Description of the task – Find all lines in the records that include the word "crate", and copy them out.

=== Begin Enclosure ===

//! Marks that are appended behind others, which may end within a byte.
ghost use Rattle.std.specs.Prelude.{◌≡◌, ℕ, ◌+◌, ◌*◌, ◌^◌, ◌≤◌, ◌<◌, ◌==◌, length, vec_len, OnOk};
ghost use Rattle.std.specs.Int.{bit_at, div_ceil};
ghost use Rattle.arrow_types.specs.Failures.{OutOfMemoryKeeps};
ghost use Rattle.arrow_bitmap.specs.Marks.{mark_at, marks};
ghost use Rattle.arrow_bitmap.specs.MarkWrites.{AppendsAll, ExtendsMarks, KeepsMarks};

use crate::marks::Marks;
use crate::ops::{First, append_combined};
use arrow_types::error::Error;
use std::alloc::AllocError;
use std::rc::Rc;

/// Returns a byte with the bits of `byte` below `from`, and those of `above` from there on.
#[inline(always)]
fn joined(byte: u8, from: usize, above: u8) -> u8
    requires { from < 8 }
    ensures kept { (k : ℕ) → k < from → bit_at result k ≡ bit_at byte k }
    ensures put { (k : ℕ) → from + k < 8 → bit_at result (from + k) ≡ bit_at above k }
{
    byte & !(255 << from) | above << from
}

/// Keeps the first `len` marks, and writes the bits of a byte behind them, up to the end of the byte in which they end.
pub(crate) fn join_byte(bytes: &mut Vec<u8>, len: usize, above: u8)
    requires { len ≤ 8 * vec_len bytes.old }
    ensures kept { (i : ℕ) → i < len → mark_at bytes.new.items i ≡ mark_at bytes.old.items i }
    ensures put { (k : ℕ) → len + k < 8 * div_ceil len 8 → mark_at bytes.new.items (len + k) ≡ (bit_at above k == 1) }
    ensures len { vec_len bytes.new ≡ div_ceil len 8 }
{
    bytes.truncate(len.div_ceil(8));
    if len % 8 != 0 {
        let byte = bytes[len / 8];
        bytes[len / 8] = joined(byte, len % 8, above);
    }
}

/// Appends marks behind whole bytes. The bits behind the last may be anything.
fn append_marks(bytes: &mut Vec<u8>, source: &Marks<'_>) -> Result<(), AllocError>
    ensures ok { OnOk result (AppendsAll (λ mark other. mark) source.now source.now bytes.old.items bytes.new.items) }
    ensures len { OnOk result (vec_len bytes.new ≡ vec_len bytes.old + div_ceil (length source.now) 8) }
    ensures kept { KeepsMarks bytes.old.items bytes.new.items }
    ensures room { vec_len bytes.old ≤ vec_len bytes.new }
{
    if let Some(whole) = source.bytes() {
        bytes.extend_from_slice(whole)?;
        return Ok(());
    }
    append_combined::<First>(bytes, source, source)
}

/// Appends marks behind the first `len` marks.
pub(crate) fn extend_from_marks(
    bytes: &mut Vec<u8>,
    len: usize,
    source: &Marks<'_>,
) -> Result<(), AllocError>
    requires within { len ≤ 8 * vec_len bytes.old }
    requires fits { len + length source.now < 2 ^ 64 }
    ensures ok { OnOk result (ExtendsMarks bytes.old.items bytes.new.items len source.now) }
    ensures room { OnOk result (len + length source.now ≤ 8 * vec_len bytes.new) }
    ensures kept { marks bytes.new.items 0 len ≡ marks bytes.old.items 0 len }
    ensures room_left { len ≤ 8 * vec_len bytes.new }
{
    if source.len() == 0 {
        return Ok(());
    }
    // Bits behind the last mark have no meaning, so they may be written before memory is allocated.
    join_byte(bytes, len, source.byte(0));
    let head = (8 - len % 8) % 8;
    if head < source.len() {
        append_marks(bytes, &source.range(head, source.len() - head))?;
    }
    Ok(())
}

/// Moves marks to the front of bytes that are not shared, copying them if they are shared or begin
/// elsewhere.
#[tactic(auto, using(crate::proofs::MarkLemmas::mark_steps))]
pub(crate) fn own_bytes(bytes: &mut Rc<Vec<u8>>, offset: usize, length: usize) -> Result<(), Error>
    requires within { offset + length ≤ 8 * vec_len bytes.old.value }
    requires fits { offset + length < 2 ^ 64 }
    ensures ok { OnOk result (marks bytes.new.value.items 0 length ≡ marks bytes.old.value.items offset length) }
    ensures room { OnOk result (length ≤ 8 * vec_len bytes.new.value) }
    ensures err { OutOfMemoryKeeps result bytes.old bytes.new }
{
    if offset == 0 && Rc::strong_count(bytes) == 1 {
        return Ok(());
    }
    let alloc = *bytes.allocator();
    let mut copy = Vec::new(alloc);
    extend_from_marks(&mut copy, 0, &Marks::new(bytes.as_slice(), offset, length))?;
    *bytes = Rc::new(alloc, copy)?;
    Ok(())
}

=== End Enclosure ===

Response to the exercise –
use crate::marks::Marks;
use crate::ops::{First, append_combined};
pub(crate) fn join_byte(bytes: &mut Vec<u8>, len: usize, above: u8)
pub(crate) fn extend_from_marks(
#[tactic(auto, using(crate::proofs::MarkLemmas::mark_steps))]
pub(crate) fn own_bytes(bytes: &mut Rc<Vec<u8>>, offset: usize, length: usize) -> Result<(), Error>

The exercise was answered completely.